Ping with a 1501 bytes packet doesn't:

root@CumulusVX-L1:~# ping -I vni-101001 -c 3 10.0.1.2 -M do -s 1473
PING 10.0.1.2 (10.0.1.2) from 10.0.1.1 vni-101001: 1473(1501) bytes of data.
From 10.0.1.1 icmp_seq=1 Frag needed and DF set (mtu = 1500)
From 10.0.1.1 icmp_seq=1 Frag needed and DF set (mtu = 1500)
From 10.0.1.1 icmp_seq=1 Frag needed and DF set (mtu = 1500)

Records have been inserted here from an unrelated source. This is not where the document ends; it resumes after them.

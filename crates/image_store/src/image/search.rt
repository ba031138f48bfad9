// Searching an image.
ghost use Rattle.store.specs.Table.{Found, Free, Room};
ghost use Rattle.slots.specs.Cuts.{table_of};

use crate::image::Image;
use reading::SiteMonth;

impl Image<'_> {
    // The slot that has the record of a site month.
    #[tactic(auto, using(slots::proofs::Places::found_from))]
    pub(crate) fn place(&self, at: SiteMonth) -> Option<usize>
        ensures { Found (table_of self.now.bytes.now) at result }
    {
        slots::place(self.bytes, 0, at)
    }

    // The first slot that is not in use.
    pub(crate) fn vacancy(&self) -> Option<usize>
        ensures { Free (table_of self.now.bytes.now) result }
    {
        slots::vacancy(self.bytes)
    }

    // The slot that the record of a site month is kept in: its own, else the first vacant.
    pub(crate) fn room(&self, at: SiteMonth) -> Option<usize>
        ensures { Room (table_of self.now.bytes.now) at result }
    {
        // A match: with `or_else` the proof does not close. It stands twice, as the calls of the two stores do.
        match self.place(at) {
            None => self.vacancy(),
            own => own,
        }
    }
}
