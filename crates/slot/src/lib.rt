// A record as the bytes of a slot of a retentive image, and back.
#![tactic(auto)]

mod entry;
mod header;
mod slot;

pub use header::head;
pub use slot::{BadSlot, EMPTY, SLOT, decode, encode};
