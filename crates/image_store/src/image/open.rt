// Taking an image into use.
ghost use Rattle.std.specs.Prelude.{◌≡◌, true};
ghost use Rattle.slots.specs.Cuts.{lawful_image};

use crate::image::Image;

impl<'a> Image<'a> {
    // Takes an image without a flaw into use. Nothing is written.
    pub fn open(bytes: &'a mut [u8]) -> Image<'a>
        requires { lawful_image bytes.old ≡ true }
        ensures { result.bytes.now ≡ bytes.old }
    {
        Image { bytes }
    }

    // The bytes of the image.
    pub fn bytes(&self) -> &[u8]
        ensures { result.now ≡ self.now.bytes.now }
    {
        self.bytes
    }
}
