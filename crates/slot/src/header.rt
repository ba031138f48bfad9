// The header of a slot: the state, the count of readings and the site month.
ghost use Rattle.std.specs.Prelude.{◌≡◌, ◌<◌, ◌≤◌, MatchOption};
ghost use Rattle.slot.specs.Layout.{state_byte, header_bytes};
ghost use Rattle.slot.specs.Reading.{two_at, four_at, state_in, head_in};

use reading::SiteMonth;
use record::{Row, State};

// How many bytes the header takes.
pub(crate) const HEADER: usize = 8;

// The state bytes.
const EMPTY: u8 = 0;

const OPEN: u8 = 1;

const CLOSED: u8 = 2;

// The site month of a slot in use, from its first eight bytes.
pub fn head(slot: &[u8]) -> Option<SiteMonth>
    ensures value { result ≡ head_in slot.now }
{
    let [state, _, a, b, c, d, e, f, ..] = slot else {
        return None;
    };
    if *state == EMPTY {
        return None;
    }
    Some(site_month([*a, *b, *c, *d, *e, *f]))
}

// The site month in its bytes.
pub(crate) fn site_month(bytes: [u8; 6]) -> SiteMonth
    ensures site { result.site ≡ four_at bytes 0 }
    ensures month { result.month ≡ two_at bytes 4 }
{
    let [a, b, c, d, e, f] = bytes;
    SiteMonth {
        site: u32::from_be_bytes([a, b, c, d]),
        month: u16::from_be_bytes([e, f]),
    }
}

// The bytes of the header.
pub(crate) fn header_bytes(row: &Row) -> [u8; HEADER]
    requires { row.now.count ≤ 16 }
    ensures { result ≡ header_bytes row.now }
{
    let [a, b, c, d] = row.at.site.to_be_bytes();
    let [e, f] = row.at.month.to_be_bytes();
    [state_byte(row.state), row.count as u8, a, b, c, d, e, f]
}

// The state's byte. Neither type is of this crate, so this and its inverse can't be a From and a TryFrom; a type of its own
// for the byte is no plainer.
fn state_byte(state: State) -> u8
    ensures { result ≡ state_byte state }
{
    match state {
        State::Empty => EMPTY,
        State::Open => OPEN,
        State::Closed => CLOSED,
    }
}

// The state that a byte is, if it is one.
pub(crate) fn state_in(byte: u8) -> Option<State>
    ensures { MatchOption result (2 < byte) (λ state. (byte ≤ 2) × (state ≡ state_in byte)) }
{
    match byte {
        EMPTY => Some(State::Empty),
        OPEN => Some(State::Open),
        CLOSED => Some(State::Closed),
        _ => None,
    }
}
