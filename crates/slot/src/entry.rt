// The entries of a slot, high bytes first.
ghost use Rattle.std.specs.Prelude.{◌≡◌, ◌<◌, [], map, length, drop, slice_index_or};
ghost use Rattle.record.specs.Meters.{blank};
ghost use Rattle.slot.specs.Layout.{entry_bytes};
ghost use Rattle.slot.specs.Reading.{entry_in, entries_in};

use crate::header::HEADER;
use crate::slot::SLOT;
use reading::Entry;
use record::READINGS;
use std::array;

// How many bytes an entry takes.
const ENTRY: usize = 26;

// The bytes of each entry. By their places: an array's `map` hands each entry on by value, which takes half as long again.
pub(crate) fn entries_bytes(entries: &[Entry; READINGS]) -> [[u8; ENTRY]; READINGS]
    ensures { result ≡ map entry_bytes entries.now }
{
    array::from_fn(
        |i|
            requires { i < 16 }
            ensures { result ≡ entry_bytes (slice_index_or entries.entry.now i blank) }
        { entry_bytes(&entries[i]) },
    )
}

// The bytes of an entry.
fn entry_bytes(entry: &Entry) -> [u8; ENTRY]
    ensures { result ≡ entry_bytes entry.now }
{
    let [m0, m1] = entry.meter.to_be_bytes();
    let [s0, s1] = entry.schedule.to_be_bytes();
    let [k0, k1, k2, k3] = entry.kwh.to_be_bytes();
    let [o0, o1, o2, o3] = entry.off_hours.to_be_bytes();
    let [d0, d1, d2, d3] = entry.demand.to_be_bytes();
    let [p0, p1, p2, p3] = entry.peak_demand.to_be_bytes();
    let [v0, v1] = entry.kvar.to_be_bytes();
    let [l0, l1] = entry.load.to_be_bytes();
    [
        m0,
        m1,
        s0,
        s1,
        entry.flags,
        entry.power_factor,
        k0,
        k1,
        k2,
        k3,
        o0,
        o1,
        o2,
        o3,
        d0,
        d1,
        d2,
        d3,
        p0,
        p1,
        p2,
        p3,
        v0,
        v1,
        l0,
        l1,
    ]
}

// The entries in a slot.
pub(crate) fn entries_in(slot: &[u8; SLOT]) -> [Entry; READINGS]
    ensures { result ≡ entries_in 16 (drop 8 slot.now) }
{
    let (entries, _) = slot[HEADER..].as_chunks();
    array::from_fn(
        |i|
            requires { i < length entries.now }
            ensures { result ≡ entry_in (slice_index_or entries.entry.now i []) }
        { entry_in(&entries[i]) },
    )
}

// The entry in its bytes.
fn entry_in(bytes: &[u8; ENTRY]) -> Entry
    ensures { result ≡ entry_in bytes.now }
{
    let [
        m0,
        m1,
        s0,
        s1,
        flags,
        power_factor,
        k0,
        k1,
        k2,
        k3,
        o0,
        o1,
        o2,
        o3,
        d0,
        d1,
        d2,
        d3,
        p0,
        p1,
        p2,
        p3,
        v0,
        v1,
        l0,
        l1,
    ] = *bytes;
    Entry {
        meter: u16::from_be_bytes([m0, m1]),
        schedule: u16::from_be_bytes([s0, s1]),
        flags,
        power_factor,
        kwh: u32::from_be_bytes([k0, k1, k2, k3]),
        off_hours: u32::from_be_bytes([o0, o1, o2, o3]),
        demand: u32::from_be_bytes([d0, d1, d2, d3]),
        peak_demand: u32::from_be_bytes([p0, p1, p2, p3]),
        kvar: u16::from_be_bytes([v0, v1]),
        load: u16::from_be_bytes([l0, l1]),
    }
}
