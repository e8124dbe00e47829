//! What the definitions say of how pages are mapped. No function does anything: each one's contract
//! is a law.

ghost use Rattle.std.specs.Prelude.{◌≡◌, ℕ, suc, ◌+◌, ◌-◌, ◌≤◌, true, List, Option, Some, None};
ghost use Rattle.std.specs.Prelude.{if◌then◌else◌};
ghost use Rattle.av_vma.specs.Index.{past_of};
ghost use Rattle.av_vma.specs.declared.area.Area.{Area};
ghost use Rattle.av_base.specs.Words.{within};
ghost use Rattle.av_vmatree.specs.declared.span.Span.{Span};
ghost use Rattle.av_vma.specs.Pages.{AreLaid, Lengths, Pages, Effect, alters, split_at};
ghost use Rattle.av_vma.specs.Pages.{without_range, joined_around, part_changed, pages_changed};
ghost use Rattle.av_vma.specs.Pages.{after_unmap};
ghost use Rattle.av_merge.specs.Mapping.{mapping};
ghost use Rattle.av_merge.specs.Pages.{pages_by};
ghost use Rattle.av_merge.specs.Process.{AreAreasOf};

/// Each area of a process is whole, and is on all of its pages and on no other.
pub fn areas_are_laid()
    ensures { (p : ℕ) (areas : ℕ → Option Area) (spans : List Span) → AreAreasOf p areas spans
        → AreLaid (pages_by areas spans) }
{}

/// Taking away a range leaves no page of it mapped, and each other page as it was.
pub fn unmappings_keep_mappings()
    ensures { (on : Pages) (from to page : ℕ) → AreLaid on → mapping (after_unmap from to on) page
        ≡ (if within from (to - from) page then None else mapping on page) }
{}

/// Joining leaves each page mapped as it was. (An own anon_vma, which it may get, is no part of
/// how it is mapped.)
pub fn joins_keep_mappings()
    ensures { (len : Lengths) (on : Pages) (from past page : ℕ) → AreLaid on
        → mapping (joined_around len from past on) page ≡ mapping on page }
{}

/// A part of an area that is changed at once is changed as if its pages were, one by one.
pub fn parts_are_changed_page_by_page()
    ensures { (len : Lengths) (on : Pages) (effect : Effect) (from n : ℕ) (area : Area) → AreLaid on
        → on from ≡ Some area → alters effect area ≡ true → from + suc n ≤ past_of area
        → pages_changed len effect from (suc n) on
        ≡ part_changed len from (from + suc n) effect on }
{}
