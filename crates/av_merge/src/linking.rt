//! Areas with their chains of anon_vmas: one goes, gets other bounds, or gets another's chain.
//!
//! Where want of memory leaves an anon_vma without the span of an area, `put` and `put_parts`
//! change the areas all the same, so that they and the tree go together; `share` leaves all areas.

ghost use Rattle.std.specs.Prelude.{◌≡◌, ◌≢◌, ℕ, ◌<◌, Some, None, is_some, IsSome, IsSomeAnd};
ghost use Rattle.std.specs.Prelude.{OnErr, OnOk, length, if◌then◌else◌};
ghost use Rattle.std.specs.Option.{option_or};
ghost use Rattle.av_base.specs.Words.{with_at};
ghost use Rattle.av_vma.specs.Areas.{area_of};
ghost use Rattle.av_vma.specs.Pages.{IsWhole};
ghost use Rattle.av_chain.specs.Links.{chain_of};
ghost use Rattle.av_anon.specs.Anons.{give_own, own_of};
ghost use Rattle.av_anon.specs.Resize.{with_bounds};
ghost use Rattle.av_merge.specs.Kin.{AreInOrder, StayKin};

use av_anon::Anons;
use av_base::Steps;
use av_vma::{Area, AreaId, Areas};
use std::alloc::AllocError;
use std::marker::Brand;
use std::sync::ledger::{Blank, Ledger};

/// How long the chain of an area with this own anon_vma is. Where it has none no table is asked.
pub fn chain_len(anons: &Anons, number: AreaId, own: Option<u64>) -> u64
    ensures { result ≡ (if is_some own then length (chain_of anons.now.links number) else 0) }
{
    if own.is_none() {
        return 0;
    }
    anons.links().len(number)
}

/// Takes an area out, which leaves its anon_vmas first.
#[inline(always)]
pub fn take(areas: &mut Areas, anons: &mut Anons, number: AreaId)
    requires order { AreInOrder areas.old anons.old }
    requires used { IsSome (area_of areas.old number) }
    ensures areas { (k : ℕ) → area_of areas.new k ≡ with_at number None (area_of areas.old) k }
    ensures kin { StayKin areas.old anons.old areas.new anons.new }
{
    leave(areas, anons, number, Blank::new(1));
    areas.remove(number);
}

/// An area leaves its anon_vmas, if it has any, its links counted by a ledger of their own.
fn leave(areas: &mut Areas, anons: &mut Anons, number: AreaId, blank: Blank)
    requires order { AreInOrder areas.old anons.old }
    requires used { IsSome (area_of areas.old number) }
    requires some { 0 < blank.parts }
    ensures areas { (k : ℕ) → area_of areas.new k ≡ give_own number None (area_of areas.old) k }
    ensures kin { StayKin areas.old anons.old areas.new anons.new }
{
    leave_by::<Brand>(areas, anons, number, blank);
}

fn leave_by<L: Ledger>(areas: &mut Areas, anons: &mut Anons, number: AreaId, blank: Blank)
    requires order { AreInOrder areas.old anons.old }
    requires used { IsSome (area_of areas.old number) }
    requires name { blank.name ≡ L.name }
    requires parts { blank.parts ≡ L.parts }
    requires some { 0 < blank.parts }
    ensures areas { (k : ℕ) → area_of areas.new k ≡ give_own number None (area_of areas.old) k }
    ensures kin { StayKin areas.old anons.old areas.new anons.new }
{
    if areas.get(number).anon.is_none() {
        return;
    }
    let mut steps = Steps::<L>::open(blank);
    anons.unlink(areas, number, &mut steps);
}

/// Gives an area other bounds and another offset, and its spans with it.
// Inlined: an area that is handed to a call is copied twice.
#[inline(always)]
pub fn put(
    areas: &mut Areas,
    anons: &mut Anons,
    number: AreaId,
    area: Area,
) -> Result<(), AllocError>
    requires order { AreInOrder areas.old anons.old }
    requires whole { IsWhole area }
    requires was { IsSomeAnd (area_of areas.old number)
        (λ old. area ≡ with_bounds area.start area.end area.pgoff old) }
    ensures areas { (k : ℕ) → area_of areas.new k
        ≡ with_at number (Some area) (area_of areas.old) k }
    ensures kin { OnOk result (StayKin areas.old anons.old areas.new anons.new) }
{
    if area.anon.is_none() {
        areas.change(number, area);
        return Ok(());
    }
    let result = anons.resize(areas, number, area.start, area.end, area.pgoff);
    areas.change(number, area);
    result
}

/// Gives an area the chain of another, where it has none. Without memory all areas stay.
pub fn share(
    areas: &mut Areas,
    anons: &mut Anons,
    number: AreaId,
    other: AreaId,
) -> Result<(), AllocError>
    requires order { AreInOrder areas.old anons.old }
    requires used { IsSome (area_of areas.old number) }
    requires other_used { IsSome (area_of areas.old other) }
    ensures areas { let own = option_or (own_of (area_of areas.old number))
        (own_of (area_of areas.old other)) in
        OnOk result ((k : ℕ)
        → area_of areas.new k ≡ give_own number own (area_of areas.old) k) }
    ensures kept { OnErr result (areas.new ≡ areas.old) }
    ensures kin { OnOk result (StayKin areas.old anons.old areas.new anons.new) }
{
    if areas.get(number).anon.is_some() {
        return Ok(());
    }
    anons.clone_chain(areas, other, number)
}

/// Gives the two parts of an area that is split their bounds: the lower one keeps the area's number
/// and chain, and the upper one, which stands as an area without anon_vma, is linked to the whole
/// chain.
pub fn put_parts(
    areas: &mut Areas,
    anons: &mut Anons,
    number: AreaId,
    lower: Area,
    above: AreaId,
    upper: Area,
) -> Result<(), AllocError>
    requires order { AreInOrder areas.old anons.old }
    requires whole { IsWhole lower }
    requires apart { number ≢ above }
    requires was { IsSomeAnd (area_of areas.old number)
        (λ old. lower ≡ with_bounds lower.start lower.end lower.pgoff old) }
    requires there { area_of areas.old above ≡ Some (record upper { anon = None }) }
    requires same_own { upper.anon ≡ lower.anon }
    ensures areas { (k : ℕ) → area_of areas.new k
        ≡ with_at number (Some lower) (with_at above (Some upper) (area_of areas.old)) k }
    ensures kin { OnOk result (StayKin areas.old anons.old areas.new anons.new) }
{
    match link(areas, anons, number, above, upper) {
        Ok(()) => put(areas, anons, number, lower),
        Err(error) => {
            areas.change(number, lower);
            Err(error)
        }
    }
}

/// Links an area, which stands without its anon_vma, to the chain of another with the same own; to
/// none where that has none.
fn link(
    areas: &mut Areas,
    anons: &mut Anons,
    other: AreaId,
    number: AreaId,
    area: Area,
) -> Result<(), AllocError>
    requires order { AreInOrder areas.old anons.old }
    requires other { IsSome (area_of areas.old other) }
    requires there { area_of areas.old number ≡ Some (record area { anon = None }) }
    requires same_own { own_of (area_of areas.old other) ≡ area.anon }
    ensures areas { (k : ℕ) → area_of areas.new k
        ≡ with_at number (Some area) (area_of areas.old) k }
    ensures kin { OnOk result (StayKin areas.old anons.old areas.new anons.new) }
{
    if area.anon.is_none() {
        return Ok(());
    }
    let result = anons.clone_chain(areas, other, number);
    areas.change(number, area);
    result
}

This is the MTU as set by default:

cumulus@CumulusVX-L1$ ip link show vni-101001
15: vni-101001: mtu 1500 qdisc noqueue master br-10 state UNKNOWN mode DEFAULT
link/ether 56:e3:f4:b0:fe:20 brd ff:ff:ff:ff:ff:ff

If I try to increase the MTU on the VXLAN interface

cumulus@CumulusVX-L1$ sudo ip link set mtu 1600 dev vni-101001
RTNETLINK answers: Invalid argument

cumulus@CumulusVX-L1$ sudo ip link set mtu 1400 dev vni-101001
cumulus@CumulusVX-L1$

cumulus@CumulusVX-L1$ sudo ip link set mtu 1500 dev vni-101001
cumulus@CumulusVX-L1$

cumulus@CumulusVX-L1$ sudo ip link set mtu 1501 dev vni-101001
RTNETLINK answers: Invalid argument

In terms of the output you requested:

cumulus@CumulusVX-L1$ uname -a
Linux CumulusVX-L1 3.2.65-1+deb7u2+cl2.5+2 #3.2.65-1+deb7u2+cl2.5+2 SMP Wed Jul 29 14:21:03 PDT 2015 x86_64 GNU/Linux

cumulus@CumulusVX-L1$ lsb_release -a
No LSB modules are available.
Distributor ID: Cumulus Linux
Description: 2.5.6-f23440b-201601151545-build
Release: 2.5.6
Codename: wheezy

To close this off, it now works. The problem seemed to be my frankenstein OS version. It started with 2.5.3 and had some upgrades applied (to 2.5.6) before I realised that this wasn't supported.

I've reinstalled with 2.5.5 (made much easier by having 95% of my config applied using Ansible) and I can now increase the MTU on the VXLAN (vtep) interface. This is also reflected in the bridge MTU.